▶ [PROBLEM TO WORK ON] Transcribe everything in the records, dropping and changing nothing.

▶ [GIVEN DATA]
════════
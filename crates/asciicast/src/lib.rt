// SPDX-License-Identifier: MIT
//! Recordings of terminal sessions in asciinema's format `.cast`, versions 2 and 3
//! (<https://docs.asciinema.org/manual/asciicast/v3/>): the output that the terminal got is
//! filtered, and all else stays as it is.
//!
//! A recording is a line of JSON for its header, and one for each event. The texts of the events of
//! output, one after another, are a stream; [`Recording`] takes a recording line by line, has the
//! stream filtered by any [`StreamFilter`](esc_filter::StreamFilter), and gives each line with the
//! text that the filter adds in the place of the event's text.
//!
//! ```text
//! let filter = Filter::new(alloc, 65_536, Policy::Color);
//! let mut recording = Recording::new(alloc, filter);
//! recording.take_line("[0.25, \"o\", \"\\u001b]0;title\\u0007$ \"]")?;
//! recording.text()       // "[0.25,\"o\",\"$ \"]\n"
//! ```
//!
//! [`event_in`] reads a line and writes nothing: the times and the texts of output and of input.
#![tactic(auto)]

mod cast_error;
mod event;
mod line;
mod recording;
mod spelled;

pub use cast_error::CastError;
pub use event::{Event, event_in};
pub use recording::Recording;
════════
▶ [ANSWER BELOW]
filename crates/asciicast/src/lib.rt
// SPDX-License-Identifier: MIT
//! Recordings of terminal sessions in asciinema's format `.cast`, versions 2 and 3
//! (<https://docs.asciinema.org/manual/asciicast/v3/>): the output that the terminal got is
//! filtered, and all else stays as it is.
//!
//! A recording is a line of JSON for its header, and one for each event. The texts of the events of
//! output, one after another, are a stream; [`Recording`] takes a recording line by line, has the
//! stream filtered by any [`StreamFilter`](esc_filter::StreamFilter), and gives each line with the
//! text that the filter adds in the place of the event's text.
//!
//! ```text
//! let filter = Filter::new(alloc, 65_536, Policy::Color);
//! let mut recording = Recording::new(alloc, filter);
//! recording.take_line("[0.25, \"o\", \"\\u001b]0;title\\u0007$ \"]")?;
//! recording.text()       // "[0.25,\"o\",\"$ \"]\n"
//! ```
//!
//! [`event_in`] reads a line and writes nothing: the times and the texts of output and of input.
#![tactic(auto)]

mod cast_error;
mod event;
mod line;
mod recording;
mod spelled;

pub use cast_error::CastError;
pub use event::{Event, event_in};
pub use recording::Recording;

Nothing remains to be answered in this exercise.